Localization of the Epileptogenic Zone Using High Frequency Oscillations

For patients with drug-resistant focal epilepsy, surgery is the therapy of choice in order to achieve seizure freedom. Epilepsy surgery foremost requires the identification of the epileptogenic zone (EZ), defined as the brain area indispensable for seizure generation. The current gold standard for identification of the EZ is the seizure-onset zone (SOZ). The fact, however that surgical outcomes are unfavorable in 40–50% of well-selected patients, suggests that the SOZ is a suboptimal biomarker of the EZ, and that new biomarkers resulting in better postsurgical outcomes are needed. Research of recent years suggested that high-frequency oscillations (HFOs) are a promising biomarker of the EZ, with a potential to improve surgical success in patients with drug-resistant epilepsy without the need to record seizures. Nonetheless, in order to establish HFOs as a clinical biomarker, the following issues need to be addressed. First, evidence on HFOs as a clinically relevant biomarker stems predominantly from retrospective assessments with visual marking, leading to problems of reproducibility and reliability.

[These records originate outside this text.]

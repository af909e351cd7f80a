//! What is read of a file that was cut short.

use super::files::{ENDS, ample, end_of, file, whole_lines, written};
use crate::tests::claims::claim_at;
use crate::tests::parts::{behind, front};
use chained_lines::{later_write, sound_part};
use std::alloc::Global;
use std::process::Abort;

/// What may stand behind a cut: nothing, zeros, a part of a line, the rest of a line and a line, and lines of another file.
static BEHIND: [&[u8]; 5] = [
    b"",
    b"\0\0\0\0\0\0\0\0\0\0\0\0\0\0\0\0\0\0\0\0\0\0\0\0",
    b"0123456789abcdef>one",
    b"gest\n0123456789abcdef \n",
    b"0000000000000000>\n0000000000000000 one\n\n",
];

fn rests() -> &'static [&'static [u8]] {
    &BEHIND
}

/// Looks at what is left of a file: so many lines count, and what stands behind them is, or is not, taken for damage.
fn claim_left(rt: &impl Abort, left: &[u8], lines: usize, is_damage: bool, at: usize) {
    let part = sound_part(left);
    claim_at(rt, part.lines == lines, "lines at", at);
    let end = end_of(lines);
    claim_at(rt, part.bytes == end, "bytes at", at);
    let is_damaged = later_write(behind(left, end)).is_some();
    claim_at(rt, is_damaged == is_damage, "damage at", at);
}

// Each front of the file is read as its whole lines, whatever stands behind it.
#[test]
fn each_front_is_read(rt: HostRuntime) {
    let alloc = rt.alloc();
    let file = file(alloc);
    for cut in 0..=file.len() {
        for rest in rests() {
            let mut left = front(&file, cut).to_vec(alloc).expect(&rt, "memory");
            left.extend_from_slice(*rest).expect(&rt, "memory");
            claim_left(&rt, &left, whole_lines(cut), false, cut);
        }
    }
}

/// The file is made in pieces of so many bytes, and all of it is synced.
fn claim_pieces(rt: &impl Abort, alloc: Global, file: &[u8], piece: usize) {
    let (storage, done) = written(alloc, ample(alloc, piece));
    let is_same = storage.bytes.as_slice() == file && done == 3;
    claim_at(rt, is_same, "pieces of", piece);
    let is_synced = storage.synced == file.len();
    claim_at(rt, is_synced, "synced in pieces of", piece);
}

// The file is the same whether it is written in few pieces or in many, and all of it is synced.
#[test]
fn pieces_make_the_same_file(rt: HostRuntime) {
    let alloc = rt.alloc();
    let file = file(alloc);
    claim_at(&rt, file.len() == ENDS[3], "bytes of the file:", file.len());
    for piece in 1..30 {
        claim_pieces(&rt, alloc, &file, piece);
    }
}
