// Digits in groups with strings between them (document 01, module 4; the Rust's `format_list`). It
// answers a text and its length, or refusal 1, 2 or 8.
#![tactic(auto)]

ghost use Rattle.std.specs.Prelude.{◌≡◌, true, false, cond, eqb, MatchOption, ◌||◌, ◌++◌, ◌+◌, ◌*◌, ◌%◌, ◌≤◌, ◌<◌, ◌^◌, length};
ghost use Rattle.bitvec.specs.Size.{ceil_div};
ghost use Rattle.output.specs.Pieces.{pieces, leading};
ghost use Rattle.output.specs.Writes.{Writes};
ghost use Rattle.outcome.specs.Outcome.{too_long, Exports};
ghost use Rattle.digits.specs.Bytes.{base_bits};
ghost use Rattle.format_list.specs.List.{group_bits, list_outcome};
ghost use Rattle.format_list.specs.InnerGroups.{bad_given, every_of, between_of, list_of};

use bitvec::{BitOffset, Image};
use digit_groups::{DigitGroups, PutGroup};
use outcome::{Export, Refusal};
use shape::{ListGroups, ListOptions};

mod shape;

// The options of a list but its strings.
#[derive(Clone, Copy)]
pub struct FormatListOptions {
    pub base: usize,
    pub digits_per_group: usize,
    pub groups_per_group2: usize,
}

// The strings of a list: before and after it, between its groups, and the second one between them.
#[derive(Clone, Copy)]
pub struct ListStrings<'a> {
    pub before: &'a [u8],
    pub after: &'a [u8],
    pub between: &'a [u8],
    pub between2: &'a [u8],
}

impl<'a> ListStrings<'a> {
    // Whether one of them is too long.
    fn too_long(self) -> bool
        ensures { result ≡ too_long self.entry.before.now || (too_long self.entry.after.now || (too_long self.entry.between.now || too_long self.entry.between2.now)) }
    {
        outcome::too_long(self.before)
            || outcome::too_long(self.after)
            || outcome::too_long(self.between)
            || outcome::too_long(self.between2)
    }
}

// Whether an option but the base is outside its range, or the second string is there and has no place.
#[tactic(auto, unfolding(crate::specs::List::bad_list))]
fn bad_list(options: FormatListOptions, strings: ListStrings) -> bool
    requires { 0 < base_bits options.base }
    ensures { result ≡ bad_given options strings.entry }
{
    outcome::outside(1, 64, options.digits_per_group)
        || 65535 < options.groups_per_group2
        || !strings.between2.is_empty() && options.groups_per_group2 == 0
        || strings.too_long()
}

impl<'a> ListOptions<'a> {
    // The options and strings, or none where one of them is outside its range, the cause of refusal 2.
    #[tactic(auto, using(crate::proofs::Ranges::no_base, crate::proofs::Ranges::digits_inside, crate::proofs::Ranges::placed, crate::proofs::Ranges::outer_short, crate::proofs::Ranges::inner_short))]
    fn new(options: FormatListOptions, strings: ListStrings<'a>) -> Option<ListOptions<'a>>
        ensures { MatchOption result (bad_given options strings.entry ≡ true) (λ o. (bad_given options strings.entry ≡ false) × (o.given ≡ options) × (o.strings ≡ strings.entry)) }
    {
        let width = digits::base_bits(options.base)?;
        if bad_list(options, strings) {
            return None;
        }
        Some(ListOptions {
            given: options,
            strings,
            width,
        })
    }

    // What stands before each group whose number `every` divides: the second string, or the first where
    // there is none.
    fn second(&self) -> &'a [u8]
        ensures { result.now ≡ cond (eqb (length self.now.strings.between2.now) 0) self.now.strings.between.now self.now.strings.between2.now }
    {
        if self.strings.between2.is_empty() {
            return self.strings.between;
        }
        self.strings.between2
    }

    // What stands before group `k`, whose turn is k modulo `every`.
    #[tactic(auto, using(crate::proofs::Strings::between_either), unfolding(output::specs::Pieces::leading))]
    fn string_before(&self, k: usize, turn: usize) -> &'a [u8]
        requires { turn ≡ k % every_of self.now }
        ensures { result.now ≡ leading (between_of self.now) k }
    {
        if k == 0 {
            return b"";
        }
        if turn == 0 {
            return self.second();
        }
        self.strings.between
    }

    // The length of the strings between `count` groups.
    fn gaps_length(self, count: usize) -> usize
        requires { count < 2 ^ 32 }
        ensures { (result ≡ length (pieces (leading (between_of self.entry)) count)) × (result < 2 ^ 60) }
    {
        let one = self.strings.between.len();
        output::between_length(count, self.every(), self.second().len(), one)
    }
}

// A group is the string before it, but before the first, and its digits.
impl<'a> PutGroup for ListOptions<'a> {
    ghost every = { every_of };

    ghost text = { λ o k digits. leading (between_of o) k ++ digits };

    fn every(&self) -> usize {
        if self.strings.between2.is_empty() {
            return 1;
        }
        self.given.groups_per_group2
    }

    fn put_group(&self, out: &mut [u8], at: usize, k: usize, turn: usize, digits: &[u8]) -> usize {
        let next = output::put_text(out, at, self.string_before(k, turn));
        digit_groups::put_part(out, next, digits)
    }
}

impl<'a> ListGroups<'a> {
    // How many groups hold the image.
    fn count(self) -> usize
        ensures { (result ≡ ceil_div self.entry.good.image.len (group_bits self.entry.options.given)) × (result ≤ 16777216) }
    {
        let size = self.options.given.digits_per_group * self.options.width.bits;
        bitvec::parts(self.good.image.len, size)
    }

    // The length of the list.
    fn length(self) -> usize
        ensures { result ≡ length (list_of self.entry) }
    {
        let count = self.count();
        let strings = self.options.strings;
        let gaps = self.options.gaps_length(count);
        let groups = gaps + count * self.options.given.digits_per_group;
        strings.before.len() + groups + strings.after.len()
    }

    // Stores the list.
    fn write(self, out: &mut [u8]) -> usize
        requires { length (list_of self) ≤ length out.old }
        ensures { Writes (list_of self.entry) out.old 0 out.new result }
    {
        let strings = self.options.strings;
        let groups = DigitGroups {
            image: self.good.image,
            width: self.options.width,
            from: BitOffset(0),
            size: self.options.given.digits_per_group,
        };
        let mut next = output::put_all(out, 0, strings.before);
        next = digit_groups::put_groups(out, next, groups, &self.options, self.count());
        output::put_all(out, next, strings.after)
    }
}

// Digits in a base of 2, 4, 8, 16 or 32, 1 to 64 of them a group, with strings of at most 256 bytes
// before, after and between the groups.
#[tactic(auto, using(outcome::proofs::Outcome::exports_text, outcome::proofs::Outcome::exports_no_room), unfolding(crate::specs::List::list_outcome))]
pub fn format_list(
    image: Image,
    options: FormatListOptions,
    strings: ListStrings,
    out: &mut [u8],
) -> Export
    ensures { Exports (list_outcome image.entry.bytes.now image.entry.len options strings.entry.before.now strings.entry.after.now strings.entry.between.now strings.entry.between2.now (length out.old)) result out.old out.new }
{
    let good = image.good().ok_or(Refusal::ImageSize)?;
    let options = ListOptions::new(options, strings).ok_or(Refusal::OptionRange)?;
    let list = ListGroups { good, options };
    let needed = list.length();
    if out.len() < needed {
        return Err(Refusal::NoRoom(needed));
    }
    Ok(list.write(out))
}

Prospective assessments of the use of HFOs for surgery planning using automatic detection of HFOs are needed in order to determine their clinical value. Second, disentangling physiologic from pathologic HFOs is still an unsolved issue. Considering the appearance and the topographic location of presumed physiologic HFOs could be immanent for the interpretation of HFO findings in a clinical context. Third, recording HFOs non-invasively via scalp electroencephalography (EEG) and magnetoencephalography (MEG) is highly desirable, as it would provide us with the possibility to translate the use of HFOs to the scalp in a large number of patients. This article reviews the literature regarding these three issues. The first part of the article focuses on the clinical value of invasively recorded HFOs in localizing the EZ, the detection of HFOs, as well as their separation from physiologic HFOs. The second part of the article focuses on the current state of the literature regarding non-invasively recorded HFOs with emphasis on findings and technical considerations regarding their localization.